What you have to do:
Beginning with the first line, please repeat the entries exactly and end on the line that contains "if text.iter().all(|byte| 33".

Material for the task:
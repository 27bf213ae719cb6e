//! The first two lines of a capture.

ghost use Rattle.std.specs.Prelude.{◌≡◌, ◌<◌, ◌^◌, ◌∷◌, codes, IfSome, IsNone};
ghost use Rattle.order_meaning.specs.declared.names.Names.{Names};
ghost use Rattle.capture_text.specs.Capture.{IsName};
ghost use Rattle.capture_text.specs.Header.{cuts, IsShort, AreNames, NamesLine};
ghost use Rattle.capture_text.specs.Header.{written_names, NumberSays, TimesSay};

use crate::lines::{BLANK, cut_at};
use crate::number::number;
use order_meaning::{Name, Names};

/// The first line of a capture.
pub(crate) const TITLE: &[u8] = b"fixgate capture 1";

/// The most seconds of HeartBtInt(108).
const MAX_HEART: u64 = 3600;

/// The last minute of a day.
const MAX_RESET: u64 = 1439;

/// A name of 1 to 35 bytes from 33 to 126.
fn name_of(text: &[u8]) -> Option<Name>
    ensures some { IfSome result (λ name. (name ≡ text.now) × IsName text.now) }
    ensures none { IsNone result → IsName text.now → ⊥ }
{
    if text.iter().all(|byte| 33 <= *byte && *byte <= 126) {
        Name::new(text)
    } else {
        None
    }
}

/// A number up to a bound.
fn number_to(digits: &[u8], most: u64) -> Option<u32>
    requires { most < 2 ^ 32 }
    ensures { NumberSays most digits.now result }
{
    match number(digits) {
        Some(number) if number <= most => Some(number as u32),
        _ => None,
    }
}

/// HeartBtInt(108), from 0 to 3,600 seconds, and a minute of the day behind it, from 0 to 1,439,
/// where there is one.
#[tactic(auto, using(crate::proofs::NamesLine::read_times))]
fn times_of(text: &[u8]) -> Option<(u32, Option<u32>)>
    ensures { TimesSay text.now result }
{
    match cut_at(text, BLANK) {
        Some((heart, minute)) => {
            let heart = number_to(heart, MAX_HEART)?;
            let minute = number_to(minute, MAX_RESET)?;
            Some((heart, Some(minute)))
        }
        None => {
            let heart = number_to(text, MAX_HEART)?;
            Some((heart, None))
        }
    }
}

/// What stands behind the word of the second line.
#[derive(Clone, Copy, Debug)]
struct Words<'a> {
    client_our: &'a [u8],
    client_peer: &'a [u8],
    venue_our: &'a [u8],
    venue_peer: &'a [u8],
    times: &'a [u8],
}

/// The words of the second line: `names`, and five of which the last may have blanks.
fn words_of(line: &[u8]) -> Option<Words<'_>>
    ensures some { IfSome result (λ w. cuts 32 line.now ≡ codes "names"
        ∷ w.client_our.now ∷ w.client_peer.now ∷ w.venue_our.now ∷ w.venue_peer.now
        ∷ cuts 32 w.times.now) }
    ensures none { IsNone result → IsShort (cuts 32 line.now) }
{
    let (word, rest) = cut_at(line, BLANK)?;
    if word != b"names".as_slice() {
        return None;
    }
    let (client_our, rest) = cut_at(rest, BLANK)?;
    let (client_peer, rest) = cut_at(rest, BLANK)?;
    let (venue_our, rest) = cut_at(rest, BLANK)?;
    let (venue_peer, times) = cut_at(rest, BLANK)?;
    Some(Words {
        client_our,
        client_peer,
        venue_our,
        venue_peer,
        times,
    })
}

/// The names of these words.
fn names_of(words: &Words<'_>) -> Option<Names>
    ensures some { IfSome result (λ names. AreNames names) }
    ensures same { IfSome result (λ names. names ≡ written_names words.now.client_our.now
        words.now.client_peer.now words.now.venue_our.now words.now.venue_peer.now) }
    ensures none { IsNone result → AreNames (written_names words.now.client_our.now
        words.now.client_peer.now words.now.venue_our.now words.now.venue_peer.now) → ⊥ }
{
    Some(Names {
        client_our: name_of(words.client_our)?,
        client_peer: name_of(words.client_peer)?,
        venue_our: name_of(words.venue_our)?,
        venue_peer: name_of(words.venue_peer)?,
    })
}

/// The names, HeartBtInt(108) and the minute of the second line, `names A B C D H` or
/// `names A B C D H M`.
pub(crate) fn read_names(line: &[u8]) -> Option<(Names, u32, Option<u32>)>
    ensures { NamesLine line.now result }
{
    let words = words_of(line)?;
    let names = names_of(&words)?;
    let (heart, reset) = times_of(words.times)?;
    Some((names, heart, reset))
}
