//! What holds of what goes up from FIX 4.4, and down to it, by the rules. Each law is the contract
//! of a function that does nothing.

ghost use Rattle.translate_fix44.specs.Laws.{GoDown, GoUp, ReadGoUp};

/// What goes up of a request that lacks nothing stands for it: it is canonical, means the same, and
/// is read again.
pub fn requests_go_up()
    ensures { GoUp }
{}

/// The same of what the fields of a body are read as.
pub fn what_is_read_goes_up()
    ensures { ReadGoUp }
{}

/// What goes down of a report that lacks nothing stands for it: it means the same, changes each
/// book alike, and is read again.
pub fn reports_go_down()
    ensures { GoDown }
{}
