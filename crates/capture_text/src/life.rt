//! The lines of a life, up to its `end`.

ghost use Rattle.std.specs.Prelude.{◌≡◌, ◌<◌, ◌↔◌, ◌∷◌, List, length, IsTrue, IfOk, IfErr};
ghost use Rattle.capture_text.specs.declared.capture.Event.{Event};
ghost use Rattle.capture_text.specs.Capture.{is_open, MayStand};
ghost use Rattle.capture_text.specs.Line.{IsBounded};
ghost use Rattle.capture_text.specs.Life.{AreOpen, Follows, IsLife, Breaking};

use crate::line::read_event;
use crate::lines::{next_number, split_line};
use crate::{CaptureFault, Event, Life};
use order_meaning::Side;
use std::alloc::{AllocError, Global};

/// Which sides are open, and whether no line stands before.
#[derive(Clone, Copy, Debug)]
struct Open {
    client: bool,
    venue: bool,
    fresh: bool,
}

impl Open {
    /// Whether a side is open.
    fn is_open(self, side: Side) -> bool
        ensures { (before : List Event) → AreOpen self before → result ≡ is_open side before }
    {
        match side {
            Side::Client => self.client,
            Side::Venue => self.venue,
        }
    }

    /// Whether an event of these bounds may come.
    fn may_stand(self, event: &Event) -> bool
        ensures { (before : List Event) → AreOpen self before → IsBounded event.now
            → IsTrue result ↔ MayStand before event.now }
    {
        match event {
            Event::Stop(..) => self.fresh,
            Event::At(_) | Event::Tick => true,
            Event::Opened(side) => !self.is_open(*side),
            Event::Closed(side) => self.is_open(*side),
            Event::Text(side, _) => self.is_open(*side),
            Event::Frame(side, _) => self.is_open(*side),
        }
    }

    /// The same after an event.
    fn after(self, event: &Event) -> Open
        ensures { (before : List Event) → AreOpen self before
            → AreOpen result (event.now ∷ before) }
    {
        let later = Open {
            fresh: false,
            ..self
        };
        match event {
            Event::Opened(Side::Client) => Open {
                client: true,
                ..later
            },
            Event::Opened(Side::Venue) => Open {
                venue: true,
                ..later
            },
            Event::Closed(Side::Client) => Open {
                client: false,
                ..later
            },
            Event::Closed(Side::Venue) => Open {
                venue: false,
                ..later
            },
            _ => later,
        }
    }
}

/// The event of a line, where it may come.
#[tactic(auto, using(crate::proofs::Standing::what_follows))]
fn event_of(alloc: Global, sides: Open, line: &[u8]) -> Result<Option<Event>, AllocError>
    ensures { (before : List Event) → AreOpen sides before →
        IfOk result (Follows line.now before) }
{
    let Some(event) = read_event(alloc, line)? else {
        return Ok(None);
    };
    if !sides.may_stand(&event) {
        return Ok(None);
    }
    Ok(Some(event))
}

/// The events of a life up to its `end`, what stands behind it, and the number of its last line.
#[tactic(auto, using(crate::proofs::Steps::lives_pass))]
pub(crate) fn read_life<'a>(
    alloc: Global,
    text: &'a [u8],
    before: u32,
) -> Result<(Life, &'a [u8], u32), CaptureFault>
    ensures ok { IfOk result (λ read. IsLife text.now before read.0 read.1.now read.2) }
    ensures shorter { IfOk result (λ read. length read.1.now < length text.now) }
    ensures err { IfErr result (Breaking text.now before) }
{
    let mut life = Life::new(alloc);
    let mut sides = Open {
        client: false,
        venue: false,
        fresh: true,
    };
    let mut rest = text;
    let mut number = before;
    loop {
        let Some((line, after)) = split_line(rest) else {
            return Err(CaptureFault::Line(next_number(number)));
        };
        number = next_number(number);
        rest = after;
        if line == b"end".as_slice() {
            return Ok((life, rest, number));
        }
        let Some(event) = event_of(alloc, sides, line)? else {
            return Err(CaptureFault::Line(number));
        };
        sides = sides.after(&event);
        life.push(event)?;
    }
}
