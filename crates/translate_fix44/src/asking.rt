//! What the rules read of a request of FIX 4.4.

ghost use Rattle.std.specs.Prelude.{◌≡◌, IfErr, IfOk, None, codes};
ghost use Rattle.message_tables.specs.CodeTables.{table_of as code_table};
ghost use Rattle.message_tables.specs.Tables.{is_one_of};
ghost use Rattle.row_values.specs.CodeKinds.{kind_of};
ghost use Rattle.translation.specs.Errors.{error_of_fault};
ghost use Rattle.translation.specs.Going.{StayBack};
ghost use Rattle.translate_fix44.specs.Put.{IsAsked, IsRead};
ghost use Rattle.translate_fix44.specs.Translation.{up};

use crate::writing::{Besides, Source};
use dict_fix44::RequestTables;
use field_groups::{Fields, Split};
use first_faults::good_fields_by;
use message_tables::Table;
use order_meaning::Fault;
use row_values::{Kind, read_lines};
use std::alloc::{AllocError, Global};
use translation::msg_type;

/// Whether a request of this type has the terms of an order.
fn has_terms(letter: u8) -> bool
    ensures { result ≡ is_one_of (codes "DG") letter }
{
    letter == b'D' || letter == b'G'
}

/// What the rules read of fields that are at no fault beside the table of their type.
fn read<'f, 'a>(
    alloc: Global,
    table: &'static Table<Kind>,
    fields: &'f Fields<'a>,
) -> Result<Source<'f, 'static, 'a>, AllocError>
    requires { IsAsked (code_table kind_of table.now) fields.now }
    ensures read { IfOk result IsRead }
    ensures same { IfOk result (λ source. source.fields.now ≡ fields.now) }
{
    let parties = read_lines(alloc, fields)?;
    let has_terms = has_terms(table.letter);
    Ok(Source {
        fields,
        table,
        besides: Besides {
            parties,
            has_terms,
            known: None,
        },
    })
}

/// What the rules read of the fields of a body, where these are a request, whole and at no fault.
///
/// # Errors
///
/// `NotSupported` for a type that is none of D, F, G and H; `Session` and `NoCounterpart` for the
/// first fault; `NoMemory` for want of memory.
#[tactic(auto, using(crate::proofs::Put::of_request))]
pub(crate) fn good_request<'s, 'a>(
    alloc: Global,
    tables: &RequestTables,
    split: &'s Split<'a>,
) -> Result<Source<'s, 'static, 'a>, Fault>
    ensures read { IfOk result IsRead }
    ensures same { IfOk result (λ source.
        (source.fields.now ≡ split.now.fields) × (split.now.fault ≡ None)) }
    ensures fault { IfErr result (λ fault.
        StayBack up split.now.fields split.now.fault (error_of_fault fault)) }
{
    match tables.get(msg_type(&split.fields)) {
        None => Err(Fault::NotSupported),
        Some(table) => match good_fields_by(table, split) {
            Err(fault) => Err(fault),
            Ok(fields) => Ok(read(alloc, table.table(), fields)?),
        },
    }
}
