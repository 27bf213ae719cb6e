//! Numbers of a capture.

ghost use Rattle.std.specs.Prelude.{◌≡◌, ◌≢◌, ◌<◌, ◌^◌, ℕ, decimal, IfSome, IsNone};

use itoa::Buffer;

/// The number that these digits write, without a sign or a zero in front; none exactly where they
/// write no number below 2^64.
pub(crate) fn number(digits: &[u8]) -> Option<u64>
    ensures some { IfSome result (λ n. digits.now ≡ decimal n) }
    ensures none { IsNone result → (n : ℕ) → n < 2 ^ 64 → digits.now ≢ decimal n }
{
    let Ok(text) = std::str::from_utf8(digits) else {
        return None;
    };
    match text.parse::<u64>() {
        Ok(value) if Buffer::new().format(value).as_bytes() == digits => Some(value),
        _ => None,
    }
}
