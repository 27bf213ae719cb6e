//! Requests of FIX 4.4 as requests of FIX 5.0 SP2, and reports of FIX 5.0 SP2 as reports of FIX
//! 4.4, each by one list of rules.
#![tactic(auto)]

mod asking;
pub mod laws;
mod putting;
mod rules;
mod translate;
mod writing;

pub use translate::{Translator44, Way, check_refusal, put_report, put_request};
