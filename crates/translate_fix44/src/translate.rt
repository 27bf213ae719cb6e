//! Translating bodies from FIX 4.4 and to it.

ghost use Rattle.std.specs.Prelude.{◌≡◌, ◌++◌, ℕ, List, IfErr, None, OnErr, OnOk};
ghost use Rattle.std.specs.Option.{option_map};
ghost use Rattle.field_groups.specs.Field.{Field};
ghost use Rattle.first_faults.specs.Gives.{IsCleanIf};
ghost use Rattle.dict_fix44.specs.Message.{refusal44, refusal_table_of};
ghost use Rattle.translation.specs.Bodies.{Goes, IsRefused, IsRefusedByCheck, IsTranslation};
ghost use Rattle.translation.specs.Going.{Appends, AreGone, StayBack};
ghost use Rattle.translation.specs.Header.{type_of};
ghost use Rattle.report_translate.specs.Refusals.{IsFaultyRefusal, IsGoodRefusal};
ghost use Rattle.translate_fix44.specs.Translation.{direction, down_by, up};

use crate::asking::good_request;
use crate::putting::{lack_up, put_down, put_up};
use dict_fix44::{RequestTables, refusal_table};
use field_groups::{Fields, Split, split, split_into};
use first_faults::good_fields;
use frame_grammar::Kind;
use order_meaning::Fault;
use reports_fix50::ReportTables;
use std::alloc::{AllocError, Global};
use translation::{
    TranslateError, Translating, faulty, lacking, msg_type, put_head_down, put_head_up, translate,
};

/// The way of a message between a client of FIX 4.4 and its venue.
#[derive(Clone, Copy, Debug)]
pub enum Way {
    /// A request goes up: a New Order - Single(D), an Order Cancel Request(F), an Order
    /// Cancel/Replace Request(G) or an Order Status Request(H).
    Up,
    /// A report goes down: an Execution Report(8) or an Order Cancel Reject(9).
    Down,
}

/// Appends the content of FIX 5.0 SP2 of the request that stands for the fields of a body.
///
/// # Errors
///
/// As [`Translator44::translate`] has them, but for the length. A part may stand behind what stood
/// in `out`.
#[tactic(auto, using(crate::proofs::Put::of_source))]
pub fn put_request(
    alloc: Global,
    tables: &RequestTables,
    split: &Split<'_>,
    out: &mut Vec<u8>,
) -> Result<(), TranslateError>
    ensures ok { OnOk result
        (Appends up split.now.fields split.now.fault out.old.items out.new.items) }
    ensures refused { IfErr result (StayBack up split.now.fields split.now.fault) }
{
    match good_request(alloc, tables, split) {
        Err(fault) => Err(faulty(fault)),
        Ok(source) => match put_up(&source, out) {
            Ok(()) => Ok(()),
            Err(lack) => Err(lacking(lack)),
        },
    }
}

/// Whether the request that stands for the fields of a body becomes one of FIX 5.0 SP2.
#[tactic(auto, using(crate::proofs::Put::of_source))]
fn check_request(
    alloc: Global,
    tables: &RequestTables,
    split: &Split<'_>,
) -> Result<(), TranslateError>
    ensures ok { OnOk result (AreGone up split.now.fields split.now.fault) }
    ensures refused { IfErr result (StayBack up split.now.fields split.now.fault) }
{
    match good_request(alloc, tables, split) {
        Err(fault) => Err(faulty(fault)),
        Ok(source) => match lack_up(&source) {
            None => Ok(()),
            Some(tag) => Err(TranslateError::Lacking(tag)),
        },
    }
}

/// Appends the content of FIX 4.4 of the report that stands for the fields of a body. A cancel reject
/// (9) that does not name its order is of the original id that is known.
///
/// # Errors
///
/// As [`put_request`] has them.
#[tactic(auto, using(crate::proofs::Put::of_report))]
pub fn put_report(
    alloc: Global,
    tables: &ReportTables,
    split: &Split<'_>,
    known: Option<&[u8]>,
    out: &mut Vec<u8>,
) -> Result<(), TranslateError>
    ensures ok { OnOk result (Appends (down_by (option_map (λ id. id.now) known.entry))
        split.now.fields split.now.fault out.old.items out.new.items) }
    ensures refused { IfErr result (StayBack (down_by (option_map (λ id. id.now) known.entry))
        split.now.fields split.now.fault) }
{
    match tables.good(msg_type(&split.fields), split) {
        Err(fault) => Err(faulty(fault)),
        Ok(fields) => match put_down(alloc, fields, known, out) {
            Ok(()) => Ok(()),
            Err(lack) => Err(lacking(lack)),
        },
    }
}

/// The tables of the messages of both ways.
#[derive(Drop)]
struct Tables {
    requests: RequestTables,
    reports: ReportTables,
}

/// What translates in one way.
#[derive(Drop)]
struct Going<'t> {
    way: Way,
    alloc: Global,
    tables: &'t Tables,
}

impl<'t> Translating for Going<'t> {
    ghost course = { λ going. direction going.way };

    fn kind(&self) -> Kind {
        match self.way {
            Way::Up => Kind::Fixt11,
            Way::Down => Kind::Fix44,
        }
    }

    fn put_head(
        &self,
        body: &[u8],
        fields: &Fields<'_>,
        out: &mut Vec<u8>,
    ) -> Result<(), AllocError> {
        match self.way {
            Way::Up => put_head_up(body, fields, out),
            Way::Down => put_head_down(body, fields, out),
        }
    }

    fn put(&self, split: &Split<'_>, out: &mut Vec<u8>) -> Result<(), TranslateError> {
        match self.way {
            Way::Up => put_request(self.alloc, &self.tables.requests, split, out),
            Way::Down => put_report(self.alloc, &self.tables.reports, split, None, out),
        }
    }

    fn laws(&self) {}
}

/// The fields of a refusal, where they are whole and at no fault beside the table of their type.
fn good_refusal<'s, 'a>(split: &'s Split<'a>) -> Result<&'s Fields<'a>, Fault>
    ensures { IsCleanIf (refusal_table_of (type_of split.now.fields)) split.now.fields
        split.now.fault result }
{
    match refusal_table(msg_type(&split.fields)) {
        None => Err(Fault::NotSupported),
        Some(table) => good_fields(table, split),
    }
}

/// Whether a body is a good Reject(3) or Business Message Reject(j) of a client of FIX 4.4.
///
/// # Errors
///
/// `Faulty` for the first fault of the body, exactly where it has one, and with
/// `Fault::NotSupported` for any other type; `NoMemory` for want of memory.
#[tactic(auto, using(crate::proofs::Put::of_refusal))]
pub fn check_refusal(alloc: Global, body: &[u8]) -> Result<(), TranslateError>
    ensures ok { OnOk result (IsGoodRefusal refusal44 body.now) }
    ensures refused { IfErr result (IsFaultyRefusal refusal44 body.now) }
{
    let split = split(alloc, body)?;
    match good_refusal(&split) {
        Ok(_) => Ok(()),
        Err(fault) => Err(faulty(fault)),
    }
}

/// Translates bodies between FIX 4.4 and FIX 5.0 SP2. It keeps the memory for one body from each
/// call to the next.
#[derive(Drop)]
pub struct Translator44 {
    alloc: Global,
    tables: Tables,
    other: Vec<u8>,
}

impl Translator44 {
    /// A translator, which takes its memory by `alloc`, and none yet.
    pub fn new(alloc: Global) -> Translator44 {
        Translator44 {
            alloc,
            tables: Tables {
                requests: RequestTables::new(),
                reports: ReportTables::new(),
            },
            other: Vec::new(alloc),
        }
    }

    /// Appends to `out` the frame that means what a body means: of a request of FIX 4.4 the FIXT
    /// 1.1 frame of the one of FIX 5.0 SP2, and of a report of FIX 5.0 SP2 the FIX 4.4 frame of one
    /// that changes each book alike. It has the header fields that `translate up` and `translate
    /// down` carry, and then the one content by the rules.
    ///
    /// # Errors
    ///
    /// `Faulty` for the first fault of the body; `Lacking` where it says what the other version
    /// cannot say: on the way up at OrdType(40), TimeInForce(59), OrderCapacity(528) or
    /// PartyRole(452), on the way down at ExecType(150), and at OrigClOrdID(41) where a cancel
    /// reject says none; `TooLong` where the content would have more than 7,936 bytes or the body
    /// more than 8,192, each exactly there; `NoMemory` for want of memory. `out` is then as it was.
    pub fn translate(
        &mut self,
        way: Way,
        body: &[u8],
        out: &mut Vec<u8>,
    ) -> Result<(), TranslateError>
        ensures ok { OnOk result ((text : List ℕ)
            × IsTranslation (direction way) body.now text
            × (out.new.items ≡ out.old.items ++ text)) }
        ensures refused { IfErr result (IsRefused (direction way) body.now) }
        ensures err { OnErr result (out.new.items ≡ out.old.items) }
    {
        let going = Going {
            way,
            alloc: self.alloc,
            tables: &self.tables,
        };
        translate(&going, self.alloc, body, &mut self.other, out)
    }

    /// Whether a body of a request of FIX 4.4 has a translation, of whatever length.
    ///
    /// # Errors
    ///
    /// `Faulty` and `Lacking` as [`Translator44::translate`] has them; `NoMemory` for want of
    /// memory.
    pub fn check(&mut self, body: &[u8]) -> Result<(), TranslateError>
        ensures ok { OnOk result ((fields : List Field) × Goes up body.now fields) }
        ensures refused { IfErr result (IsRefusedByCheck up body.now) }
    {
        let mut split = Split::new(self.alloc);
        split_into(body, &mut split)?;
        check_request(self.alloc, &self.tables.requests, &split)
    }
}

Task response:
repository 27bf213ae719cb6e
//! The first two lines of a capture.

ghost use Rattle.std.specs.Prelude.{◌≡◌, ◌<◌, ◌^◌, ◌∷◌, codes, IfSome, IsNone};
ghost use Rattle.order_meaning.specs.declared.names.Names.{Names};
ghost use Rattle.capture_text.specs.Capture.{IsName};
ghost use Rattle.capture_text.specs.Header.{cuts, IsShort, AreNames, NamesLine};
ghost use Rattle.capture_text.specs.Header.{written_names, NumberSays, TimesSay};

use crate::lines::{BLANK, cut_at};
use crate::number::number;
use order_meaning::{Name, Names};

/// The first line of a capture.
pub(crate) const TITLE: &[u8] = b"fixgate capture 1";

/// The most seconds of HeartBtInt(108).
const MAX_HEART: u64 = 3600;

/// The last minute of a day.
const MAX_RESET: u64 = 1439;

/// A name of 1 to 35 bytes from 33 to 126.
fn name_of(text: &[u8]) -> Option<Name>
    ensures some { IfSome result (λ name. (name ≡ text.now) × IsName text.now) }
    ensures none { IsNone result → IsName text.now → ⊥ }
{
    if text.iter().all(|byte| 33 <= *byte && *byte <= 126) {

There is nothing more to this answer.